"Privacy" also means privacy
Twenty years ago, when Robert Bork said there is no right to privacy in the constitution, many people--right and left--were shocked. While most people believed that other people shouldn't claim the right to privacy to hide their doing bad things, most believed that there is a right to privacy, at least for themselves. Hearing it said so bluntly made us take pause.
Since then, the movement conservatives have waged a war on privacy by indoctrinating the faithful to believe that the word "privacy" is just a liberal code word for sexual immorality. "Privacy" means promiscuous women killing their blastocysts, sodomites doing the santorum, teenagers fornicating, cohabitation, and married couples having sex for fun. Since they want to stop all of these things, destroying the shield of "privacy" seems to be the right thing to do.
Liberals have supported the proposition that "privacy" means sex by limiting their defense of privacy to women's reproductive freedom, access to birth control, and gay civil rights. From a short-term tactical perspective, this makes sense. When "privacy" comes before the Supreme Court, it will not come as a broad philosophical issue; it will come as the application of an abstract right to specific issues, like women's reproductive freedom, access to birth control, and gay civil rights.
The problem with the conservative message and the liberal tactical response is that "privacy" also means privacy. The right to privacy is not a product of the sexual revolution of the sixties as many believe. Legal scholars described the unenumerated right to privacy in the 1890's and it was recognized by the Supreme Court during the generation that followed. In a 1928 decision (Olmstead v. the U.S.) Justice Louis Brandeis called privacy "the right to be left alone, the most comprehensive of rights and the right most valued by civilized men." He went on to say, "To protect that right, every unjustifiable intrusion by the government upon the privacy of the individual, whatever the means employed, must be deemed a violation of the Fourth Amendment."
The right to privacy lies behind our right to read the books we want, to eat what we want, to hold unpopular and unfashionable opinions, to attend the church of our choice, or not to attend any church.
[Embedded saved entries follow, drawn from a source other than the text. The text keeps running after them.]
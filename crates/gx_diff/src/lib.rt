//! What is told of the paths at which two revisions differ: which of them are asked for, and the texts of these. What differs is
//! found by `gx_differences`.
#![tactic(auto)]

mod counts;
mod lines;
mod paths;
mod texts;

pub use lines::{name_field, status_of};
pub use paths::retain_asked;
pub use texts::{ends_well, text_of};
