//! What is printed of each commit. Source: git-log(1), "PRETTY FORMATS".

ghost use Rattle.std.specs.Prelude.{◌≡◌, ◌≤◌, ◌-◌, ◌++◌, ◌∷◌, OnOk, [], codes, length, take};
ghost use Rattle.gx_model.specs.Objects.{commit_text, hex};
ghost use Rattle.gx_print.specs.Identities.{name_and_email};
ghost use Rattle.gx_print.specs.Logs.{both_dates, entry_of_parts, gap, head_text, named, parent_text, told_parts};
ghost use Rattle.gx_print.specs.Messages.{indented, subject, trimmed};

use crate::identities::{email_in, name_in, seconds_in};
use crate::messages::{put_indented, put_subject, trimmed};
use gx_asks::{LogFormat, LogOptions};
use gx_object::{CommitView, Name};
use std::alloc::{AllocError, Allocator};

/// Makes what is printed of the commit of this name, body and parts in an empty text: what its format tells, and an LF.
///
/// Cost: the body's length. Memory: the text.
pub fn put_commit<A: Allocator + Copy>(
    text: &mut Vec<u8, A>,
    options: LogOptions,
    commit: &Name,
    body: &[u8],
    view: &CommitView<'_>,
) -> Result<(), AllocError>
    requires empty { text.old.items ≡ [] }
    requires body { body.now ≡ commit_text view.now }
    ensures { OnOk result (text.new.items
        ≡ entry_of_parts options commit.now.bytes view.now) }
{
    put_told(text, options, commit, body, view)?;
    Ok(text.push(b'\n')?)
}

/// Makes what a format tells of a commit.
fn put_told<A: Allocator + Copy>(
    text: &mut Vec<u8, A>,
    options: LogOptions,
    commit: &Name,
    body: &[u8],
    view: &CommitView<'_>,
) -> Result<(), AllocError>
    requires empty { text.old.items ≡ [] }
    requires body { body.now ≡ commit_text view.now }
    ensures { OnOk result (text.new.items
        ≡ told_parts options.format options.parents commit.now.bytes view.now) }
{
    match options.format {
        LogFormat::Names => put_name(text, view, options.parents, commit),
        LogFormat::Oneline => put_oneline(text, view, commit),
        LogFormat::Raw => put_raw(text, body, view, commit),
        LogFormat::Subject => put_subject(text, view.message()),
        LogFormat::Author => put_author(text, view, commit),
        LogFormat::Dates => put_dates(text, view, commit),
    }
}

/// What stands between two commits. Takes no memory.
pub fn gap(format: LogFormat) -> &'static [u8]
    ensures { result.now ≡ gap format }
{
    match format {
        LogFormat::Raw => b"\n",
        LogFormat::Names => b"",
        LogFormat::Oneline => b"",
        LogFormat::Subject => b"",
        LogFormat::Author => b"",
        LogFormat::Dates => b"",
    }
}

/// Appends a commit's name, and behind it its parents', each behind a space, where they are asked for.
fn put_name<A: Allocator + Copy>(
    out: &mut Vec<u8, A>,
    view: &CommitView<'_>,
    parents: bool,
    commit: &Name,
) -> Result<(), AllocError>
    ensures { OnOk result (out.new.items ≡ out.old.items
        ++ named parents commit.now.bytes view.now.parents) }
{
    out.extend_from_slice(commit.hex().as_slice())?;
    if parents {
        put_parents(out, view)
    } else {
        Ok(())
    }
}

/// Appends the names of a commit's parents, each behind a space.
fn put_parents<A: Allocator + Copy>(
    out: &mut Vec<u8, A>,
    commit: &CommitView<'_>,
) -> Result<(), AllocError>
    ensures { OnOk result (out.new.items ≡ out.old.items ++ parent_text commit.now.parents) }
{
    for place in 0..commit.parent_count() {
        if let Some(parent) = commit.parent(place) {
            put_parent(out, &parent)?;
        }
    }
    Ok(())
}

/// Appends a space and a name.
fn put_parent<A: Allocator + Copy>(out: &mut Vec<u8, A>, parent: &Name) -> Result<(), AllocError>
    ensures { OnOk result (out.new.items ≡ out.old.items ++ 32 ∷ hex parent.now.bytes) }
{
    out.push(b' ')?;
    out.extend_from_slice(parent.hex().as_slice())
}

/// Appends the name and the subject.
fn put_oneline<A: Allocator + Copy>(
    out: &mut Vec<u8, A>,
    view: &CommitView<'_>,
    commit: &Name,
) -> Result<(), AllocError>
    ensures { OnOk result (out.new.items ≡ out.old.items
        ++ (hex commit.now.bytes ++ 32 ∷ subject view.now.text.message)) }
{
    out.extend_from_slice(commit.hex().as_slice())?;
    out.push(b' ')?;
    put_subject(out, view.message())
}

/// Makes the text of a whole object, with the message at its end indented, and without the white space at its end.
fn put_raw<A: Allocator + Copy>(
    out: &mut Vec<u8, A>,
    body: &[u8],
    view: &CommitView<'_>,
    commit: &Name,
) -> Result<(), AllocError>
    requires empty { out.old.items ≡ [] }
    requires body { body.now ≡ commit_text view.now }
    ensures { OnOk result (out.new.items
        ≡ trimmed (codes "commit " ++ hex commit.now.bytes ++ 10 ∷ head_text view.now
        ++ indented view.now.text.message)) }
{
    out.extend_from_slice(b"commit ")?;
    out.extend_from_slice(commit.hex().as_slice())?;
    out.push(b'\n')?;
    put_message(out, body, view.message())?;
    trim(out);
    Ok(())
}

/// Appends what stands before the message in a body, and the message indented.
fn put_message<A: Allocator + Copy>(
    out: &mut Vec<u8, A>,
    body: &[u8],
    message: &[u8],
) -> Result<(), AllocError>
    requires { length message.now ≤ length body.now }
    ensures { OnOk result (out.new.items ≡ out.old.items
        ++ (take (length body.now - length message.now) body.now ++ indented message.now)) }
{
    out.extend_from_slice(&body[..body.len() - message.len()])?;
    put_indented(out, message)
}

/// Takes the white space from a text's end.
fn trim<A: Allocator>(text: &mut Vec<u8, A>)
    ensures { text.new.items ≡ trimmed text.old.items }
{
    let length = trimmed(text.as_slice()).len();
    text.truncate(length);
}

/// Appends the name, and the author's name and email.
fn put_author<A: Allocator + Copy>(
    out: &mut Vec<u8, A>,
    view: &CommitView<'_>,
    commit: &Name,
) -> Result<(), AllocError>
    ensures { OnOk result (out.new.items ≡ out.old.items
        ++ (hex commit.now.bytes ++ 32 ∷ name_and_email view.now.text.author)) }
{
    let author = view.author();
    out.extend_from_slice(commit.hex().as_slice())?;
    out.push(b' ')?;
    out.extend_from_slice(name_in(author))?;
    out.extend_from_slice(b" <")?;
    out.extend_from_slice(email_in(author))?;
    Ok(out.push(b'>')?)
}

/// Appends the name, and the seconds of the author's date and of the committer's.
fn put_dates<A: Allocator + Copy>(
    out: &mut Vec<u8, A>,
    view: &CommitView<'_>,
    commit: &Name,
) -> Result<(), AllocError>
    ensures { OnOk result (out.new.items ≡ out.old.items
        ++ (hex commit.now.bytes ++ 32 ∷ both_dates view.now.text)) }
{
    out.extend_from_slice(commit.hex().as_slice())?;
    out.push(b' ')?;
    out.extend_from_slice(seconds_in(view.author()))?;
    out.push(b' ')?;
    out.extend_from_slice(seconds_in(view.committer()))
}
The belief that we have a right to privacy is what animates us when we feel compelled to say "none of your damn business" to busybodies. It is the essence of totalitarianism that the state claims to have a right to intrude in all aspects of a citizen's life, to totally control them. Privacy, the right to wall a part of our life off from intrusion, is the most complete denial of totalitarianism that our constitution affords.
Today, the issue of privacy is at the center of the John Roberts confirmation hearings. Unfortunately, the conversation appears to be primarily limited to "privacy." While the specific issues of women's control over their bodies and sexual privacy are important, they can't be fought without consideration for the larger abstraction of privacy. Privacy itself needs to be defended.
By making privacy a synonym for sex, we have allowed a non-partisan issue to become partisan. But both sides of the aisle have an interest in the greater right of privacy. If the conservatives allow that right to be destroyed in the name of policing sex, they will come to regret it. They will regret it when liberals start policing their child rearing practices. They will regret it when insurance companies and HMO's start policing their dietary and exercise habits. They will regret it when the whole world has access to a record their reading, gaming, and television choices.
We all want privacy. We should all defend privacy.